▶ What you are asked to do
Find the line holding "const SUM: &[u8]" in the entries below. Give it again exactly, along with every line after it up to and including the line holding "hend: %j2] %u".

++++ The data ++++

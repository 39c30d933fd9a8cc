//! The command `eval`, through the program, over sources and sinks in memory.

use super::texts::LEAK;
use super::{Case, REFUSED, Text, all_end, all_end_unheard, words_of};
use crate::program::rules_at;

/// Loads and stores that stand across the end of a buffer of six bytes.
const ACROSS: &[u8] = br"shader
inputs []
outputs [w32x1, w16x3, w16x1]
buffers 1
{
  block b0 {
    %0 = const w32x1 (4)
    %1 = const w32x1 (2)
    %2 = load w32x1 @0, %0
    %3 = load w16x3 @0, %1
    %4 = const w16x2 (257, 258)
    store @0, %0, %4
    %5 = load w16x1 @0, %0
    output @0, %2
    output @1, %3
    output @2, %5
  }
}
";

/// What is told of them on the bytes 1 to 6.
const ACROSS_RUN: &[u8] = br"end done
store @0 4 (257, 258)
output @0 (0)
output @1 (1027, 1541, 0)
output @2 (257)
";

/// A loop without an end.
const ENDLESS: &[u8] = br"shader
inputs [w32x1]
outputs [w32x1]
buffers 0
{
  block b0 {
    %0 = input w32x1 @0
    output @0, %0
  }
  loop {
    block b1 {
    }
  }
  block b2 {
  }
}
";

const ONCE: &[u8] = br"shader
inputs [w32x1]
outputs [w32x1]
buffers 0
{
  block b0 {
    %0 = input w32x1 @0
  }
  loop {
    block b1 {
      %1 = ineg w32x1 %0
      break
    }
  }
  block b2 {
    output @0, %1
  }
}
";

/// The sum of the numbers below the input.
const SUM: &[u8] = br"shader
inputs [w32x1]
outputs [w32x1]
buffers 0
{
  block b0 {
    %0 = input w32x1 @0
    %1 = const w32x1 (0)
    %2 = const w32x1 (1)
  }
  loop {
    block b1 {
      %3 = phi w32x1 [b0: %1, b4: %7]
      %4 = phi w32x1 [b0: %1, b4: %8]
      %5 = uge w1x1 %4, %0
    }
    if %5 {
      block b2 {
        break
      }
    } else {
      block b3 {
      }
    }
    block b4 {
      %6 = iadd w32x1 %4, %1
      %7 = iadd w32x1 %3, %6
      %8 = iadd w32x1 %4, %2
    }
  }
  block b5 {
    output @0, %3
  }
}
";

/// Two phis that change places at each turn.
const PLACES: &[u8] = br"shader
inputs []
outputs [w8x1, w8x1]
buffers 0
{
  block b0 {
    %0 = const w8x1 (1)
    %1 = const w8x1 (2)
    %2 = const w1x1 (0)
  }
  loop {
    block b1 {
      %3 = phi w8x1 [b0: %0, b2: %4]
      %4 = phi w8x1 [b0: %1, b2: %3]
      output @0, %3
      output @1, %4
    }
    if %2 {
      block b3 {
        break
      }
    } else {
      block b4 {
      }
    }
    block b2 {
    }
  }
  block b5 {
  }
}
";

/// A loop in a loop; the outer one is broken out of and continued, the inner one broken out of.
const NESTED: &[u8] =
    br"shader inputs [] outputs [w32x1] buffers 0 { block b0 { %zero = const w32x1 (0) %one = const w32x1 (1) %two = const w32x1 (2) %three = const w32x1 (3) }
loop {
 block o { %i = phi w32x1 [b0: %zero, skip: %k, last: %k] %t = phi w32x1 [b0: %zero, skip: %t, last: %u] %k = iadd w32x1 %i, %one %done = uge w1x1 %i, %three }
 if %done { block q { break } } else { block r { } }
 block s { %is1 = ieq w1x1 %i, %one }
 if %is1 { block skip { continue } } else { block nn { } }
 block before { }
 loop {
   block h { %j = phi w32x1 [before: %zero, hend: %j2] %u = phi w32x1 [before: %t, hend: %u2] %jd = uge w1x1 %j, %two }
   if %jd { block hq { break } } else { block hr { } }
   block hend { %j2 = iadd w32x1 %j, %one %u2 = iadd w32x1 %u, %one }
 }
 block last { }
}
block out { output @0, %t } }";

/// Each width in a buffer, a store across its end, and one far behind it.
const WIDTHS: &[u8] =
    br"shader inputs [] outputs [w8x4, w16x2, w32x1, w64x1, w8x1] buffers 1 { block b0 {
%0 = const w32x1 (0) %2 = const w32x1 (2) %4 = const w32x1 (4) %v = const w64x1 (72623859790382856) store @0, %0, %v
%a = load w8x4 @0, %0 %b = load w16x2 @0, %2 %c = load w32x1 @0, %4 %d = load w64x1 @0, %0
%8 = const w32x1 (8) %x = const w32x1 (305419896) store @0, %8, %x %e = load w8x1 @0, %8
%9 = const w32x1 (4294967295) store @0, %9, %x
output @0, %a output @1, %b output @2, %c output @3, %d output @4, %e } }";

/// What is told of them on ten bytes, of which the last is 9.
const WIDTHS_RUN: &[u8] = br"end done
store @0 0 (72623859790382856)
store @0 8 (305419896)
store @0 4294967295 (305419896)
output @0 (8, 7, 6, 5)
output @1 (1286, 772)
output @2 (16909060)
output @3 (72623859790382856)
output @4 (0)
";

/// An if, a loop, a load and a store, on two buffers.
const WHOLE: &[u8] = br"shader
inputs [w32x1, w32x1]
outputs []
buffers 2
{
  block b0 {
    %0 = input w32x1 @0
    %1 = input w32x1 @1
    %2 = const w32x1 (0)
    %3 = const w32x1 (1)
    %4 = const w32x1 (4)
    %5 = const w32x1 (16)
    %6 = uge w1x1 %0, %1
    %7 = inot w1x1 %6
  }
  if %7 {
    block b1 {
      %8 = imul w32x1 %0, %5
      %9 = iadd w32x1 %8, %2
    }
    loop {
      block b2 {
        %10 = phi w32x1 [b1: %2, b5: %20]
        %11 = phi w32x1 [b1: %2, b5: %19]
        %12 = uge w1x1 %10, %4
      }
      if %12 {
        block b3 {
          break
        }
      } else {
        block b4 {
        }
      }
      block b5 {
        %13 = imul w32x1 %10, %4
        %14 = iadd w32x1 %9, %13
        %15 = load w32x1 @0, %14
        %16 = ineg w32x1 %15
        %17 = ineg w32x1 %16
        %18 = iand w32x1 %17, %17
        %19 = iadd w32x1 %11, %18
        %20 = iadd w32x1 %10, %3
      }
    }
    block b6 {
      %21 = udiv w32x1 %11, %4
      %22 = imul w32x1 %0, %4
      store @1, %22, %21
    }
  } else {
    block b7 {
    }
  }
  block b8 {
  }
}
";

/// An evaluation without inputs and buffers. The source of rules fails at once, so it would be told if they were read.
const DONE: Case<'static> = Case {
    words: &[b"eval", b"--turns=0"],
    rules: Text::Whole(b""),
    rules_fail: &[0],
    shader: Text::Whole(ACROSS),
    ..REFUSED
};

static ONE_TURN: [Case; 4] = [
    Case {
        words: &[b"eval", b"--turns=0", b"--buffer=010203040506"],
        out: ACROSS_RUN,
        ..DONE
    },
    Case {
        words: &[b"eval", b"--turns=3", b"--input=5"],
        shader: Text::Whole(ENDLESS),
        out: b"end cut\noutput @0 (5)\n",
        ..DONE
    },
    Case {
        words: &[b"eval", b"--turns=0", b"--input=5"],
        shader: Text::Whole(ONCE),
        out: b"end done\noutput @0 (4294967291)\n",
        ..DONE
    },
    Case {
        words: &[b"eval", b"--input=5", b"--turns=18446744073709551615"],
        shader: Text::Whole(ONCE),
        out: b"end done\noutput @0 (4294967291)\n",
        ..DONE
    },
];

#[test]
fn outcomes_of_one_turn_are_told(rt: HostRuntime) {
    all_end(&rt, rt.alloc(), &ONE_TURN);
}

static SUMS: [Case; 4] = [
    Case {
        words: &[b"eval", b"--turns=0", b"--input=5"],
        shader: Text::Whole(SUM),
        out: b"end cut\noutput @0 (0)\n",
        ..DONE
    },
    Case {
        words: &[b"eval", b"--turns=1", b"--input=5"],
        shader: Text::Whole(SUM),
        out: b"end cut\noutput @0 (0)\n",
        ..DONE
    },
    Case {
        words: &[b"eval", b"--turns=10", b"--input=5"],
        shader: Text::Whole(SUM),
        out: b"end done\noutput @0 (10)\n",
        ..DONE
    },
    Case {
        words: &[b"eval", b"--turns=2"],
        shader: Text::Whole(PLACES),
        out: b"end cut\noutput @0 (1)\noutput @1 (2)\n",
        ..DONE
    },
];

#[test]
fn sums_are_cut_or_done(rt: HostRuntime) {
    all_end(&rt, rt.alloc(), &SUMS);
}

static NESTS: [Case; 4] = [
    Case {
        words: &[b"eval", b"--turns=1"],
        shader: Text::Whole(PLACES),
        out: b"end cut\noutput @0 (2)\noutput @1 (1)\n",
        ..DONE
    },
    Case {
        words: &[b"eval", b"--turns=3"],
        shader: Text::Whole(NESTED),
        out: b"end done\noutput @0 (4)\n",
        ..DONE
    },
    Case {
        words: &[b"eval", b"--turns=2"],
        shader: Text::Whole(NESTED),
        out: b"end cut\noutput @0 (0)\n",
        ..DONE
    },
    Case {
        words: &[b"eval", b"--turns=0", b"--buffer=00000000000000000009"],
        shader: Text::Whole(WIDTHS),
        out: WIDTHS_RUN,
        ..DONE
    },
];

#[test]
fn phis_and_nested_loops_run(rt: HostRuntime) {
    all_end(&rt, rt.alloc(), &NESTS);
}

static BUFFERS: [Case; 3] = [
    Case {
        words: &[
            b"eval",
            b"--turns=4",
            b"--input=1",
            b"--buffer=0000000000000000000000000000000005000000060000000700000008000000",
            b"--input=2",
            b"--buffer=0000000000000000",
        ],
        shader: Text::Whole(WHOLE),
        out: b"end done\nstore @1 4 (6)\n",
        ..DONE
    },
    Case {
        words: &[
            b"eval",
            b"--turns=3",
            b"--input=1",
            b"--buffer=0000000000000000000000000000000005000000060000000700000008000000",
            b"--input=2",
            b"--buffer=0000000000000000",
        ],
        shader: Text::Whole(WHOLE),
        out: b"end cut\n",
        ..DONE
    },
    Case {
        words: &[
            b"eval",
            b"--turns=0",
            b"--input=2",
            b"--input=1",
            b"--buffer=",
            b"--buffer=",
        ],
        shader: Text::Whole(WHOLE),
        out: b"end done\n",
        ..DONE
    },
];

#[test]
fn buffers_are_read_and_written(rt: HostRuntime) {
    all_end(&rt, rt.alloc(), &BUFFERS);
}

/// Words that have no reading.
const USAGE: Case<'static> = Case {
    number: 2,
    notes: b"usage: nir_opt eval --turns=N [--input=V] [--buffer=HEX]\n",
    ..DONE
};

static UNREAD: [Case; 5] = [
    Case {
        words: &[b"eval"],
        ..USAGE
    },
    Case {
        words: &[b"eval", b"--turns=01"],
        ..USAGE
    },
    Case {
        words: &[b"eval", b"--turns=18446744073709551616"],
        ..USAGE
    },
    Case {
        words: &[b"eval", b"--turns=1", b"--turns=1"],
        ..USAGE
    },
    Case {
        words: &[b"eval", b"--turns=1", b"--buffer=0"],
        ..USAGE
    },
];

static OUT_OF_FORM: [Case; 5] = [
    Case {
        words: &[b"eval", b"--input=1"],
        ..USAGE
    },
    Case {
        words: &[b"eval", b"--turns="],
        ..USAGE
    },
    Case {
        words: &[b"eval", b"--turns=1", b"--input="],
        ..USAGE
    },
    Case {
        words: &[b"eval", b"--turns=1", b"--input=1,"],
        ..USAGE
    },
    Case {
        words: &[b"eval", b"--turns=1", b"--input=1,0x2"],
        ..USAGE
    },
];

#[test]
fn words_without_a_reading_are_usage(rt: HostRuntime) {
    all_end(&rt, rt.alloc(), &UNREAD);
    all_end(&rt, rt.alloc(), &OUT_OF_FORM);
}

static FAULTS: [Case; 5] = [
    Case {
        words: &[b"eval", b"--turns=1", b"--buffer=0g"],
        ..USAGE
    },
    Case {
        words: &[b"eval", b"--turns=1", b"r"],
        ..USAGE
    },
    Case {
        shader_fail: &[0],
        number: 3,
        notes: b"read failed: shader\n",
        ..DONE
    },
    Case {
        words: &[b"eval", b"--turns=0", b"--input=5"],
        shader: Text::Whole(ONCE),
        room: 3,
        number: 4,
        out: b"end",
        notes: b"write failed\n",
        ..DONE
    },
    Case {
        shader: Text::Whole(b"shader"),
        number: 7,
        notes: b"shader: byte 6: unexpected\n",
        ..DONE
    },
];

#[test]
fn faults_and_texts_have_their_lines(rt: HostRuntime) {
    all_end(&rt, rt.alloc(), &FAULTS);
}

/// Inputs or buffers that are not those of the shader.
const NO_FIT: Case<'static> = Case {
    shader: Text::Whole(ONCE),
    number: 11,
    notes: b"inputs do not fit\n",
    ..DONE
};

static UNFIT: [Case; 5] = [
    Case {
        words: &[b"eval", b"--turns=0", b"--input=5"],
        shader: Text::Whole(LEAK),
        number: 8,
        notes: b"shader: V7 at item 8\n",
        ..DONE
    },
    NO_FIT,
    Case {
        words: &[b"eval", b"--turns=0", b"--input=4294967296"],
        ..NO_FIT
    },
    Case {
        words: &[b"eval", b"--turns=0", b"--input=1,2"],
        ..NO_FIT
    },
    Case {
        words: &[b"eval", b"--turns=0", b"--input=5", b"--buffer="],
        ..NO_FIT
    },
];

#[test]
fn shaders_that_do_not_fit_have_their_lines(rt: HostRuntime) {
    all_end(&rt, rt.alloc(), &UNFIT);
}

/// A byte more than is read.
static TOO_LONG: [Case; 1] = [Case {
    shader: Text::Repeated {
        front: b"",
        piece: b" ",
        times: 4_194_305,
        end: b"",
    },
    number: 9,
    notes: b"too long: shader\n",
    ..DONE
}];

#[test]
fn a_shader_of_more_than_4_mib_is_not_run(rt: HostRuntime) {
    all_end(&rt, rt.alloc(), &TOO_LONG);
}

#[test]
fn no_status_is_changed_where_its_line_is_not_taken(rt: HostRuntime) {
    all_end_unheard(&rt, rt.alloc(), &OUT_OF_FORM);
    all_end_unheard(&rt, rt.alloc(), &FAULTS);
    all_end_unheard(&rt, rt.alloc(), &UNFIT);
    all_end_unheard(&rt, rt.alloc(), &TOO_LONG);
}

/// Words, and the place of RULES among them.
type Place<'a> = (&'a [&'a [u8]], Option<usize>);

static PLACES_OF_RULES: [Place; 7] = [
    (&[], None),
    (&[b"check"], None),
    (&[b"check", b"r"], Some(1)),
    (&[b"check", b"r", b"s"], Some(1)),
    (&[b"eval", b"r"], None),
    (&[b"r"], Some(0)),
    (&[b"--eval"], Some(0)),
];

#[test]
fn rules_stand_first_or_nowhere(rt: HostRuntime) {
    for place in &PLACES_OF_RULES {
        let words = words_of(rt.alloc(), place.0).expect(&rt, "memory");
        assert_eq!(rt; rules_at(words.as_slice()), place.1);
    }
}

++++

▶ Output below
const SUM: &[u8] = br"shader
inputs [w32x1]
outputs [w32x1]
buffers 0
{
  block b0 {
    %0 = input w32x1 @0
    %1 = const w32x1 (0)
    %2 = const w32x1 (1)
  }
  loop {
    block b1 {
      %3 = phi w32x1 [b0: %1, b4: %7]
      %4 = phi w32x1 [b0: %1, b4: %8]
      %5 = uge w1x1 %4, %0
    }
    if %5 {
      block b2 {
        break
      }
    } else {
      block b3 {
      }
    }
    block b4 {
      %6 = iadd w32x1 %4, %1
      %7 = iadd w32x1 %3, %6
      %8 = iadd w32x1 %4, %2
    }
  }
  block b5 {
    output @0, %3
  }
}
";

/// Two phis that change places at each turn.
const PLACES: &[u8] = br"shader
inputs []
outputs [w8x1, w8x1]
buffers 0
{
  block b0 {
    %0 = const w8x1 (1)
    %1 = const w8x1 (2)
    %2 = const w1x1 (0)
  }
  loop {
    block b1 {
      %3 = phi w8x1 [b0: %0, b2: %4]
      %4 = phi w8x1 [b0: %1, b2: %3]
      output @0, %3
      output @1, %4
    }
    if %2 {
      block b3 {
        break
      }
    } else {
      block b4 {
      }
    }
    block b2 {
    }
  }
  block b5 {
  }
}
";

/// A loop in a loop; the outer one is broken out of and continued, the inner one broken out of.
const NESTED: &[u8] =
    br"shader inputs [] outputs [w32x1] buffers 0 { block b0 { %zero = const w32x1 (0) %one = const w32x1 (1) %two = const w32x1 (2) %three = const w32x1 (3) }
loop {
 block o { %i = phi w32x1 [b0: %zero, skip: %k, last: %k] %t = phi w32x1 [b0: %zero, skip: %t, last: %u] %k = iadd w32x1 %i, %one %done = uge w1x1 %i, %three }
 if %done { block q { break } } else { block r { } }
 block s { %is1 = ieq w1x1 %i, %one }
 if %is1 { block skip { continue } } else { block nn { } }
 block before { }
 loop {
   block h { %j = phi w32x1 [before: %zero, hend: %j2] %u = phi w32x1 [before: %t, hend: %u2] %jd = uge w1x1 %j, %two }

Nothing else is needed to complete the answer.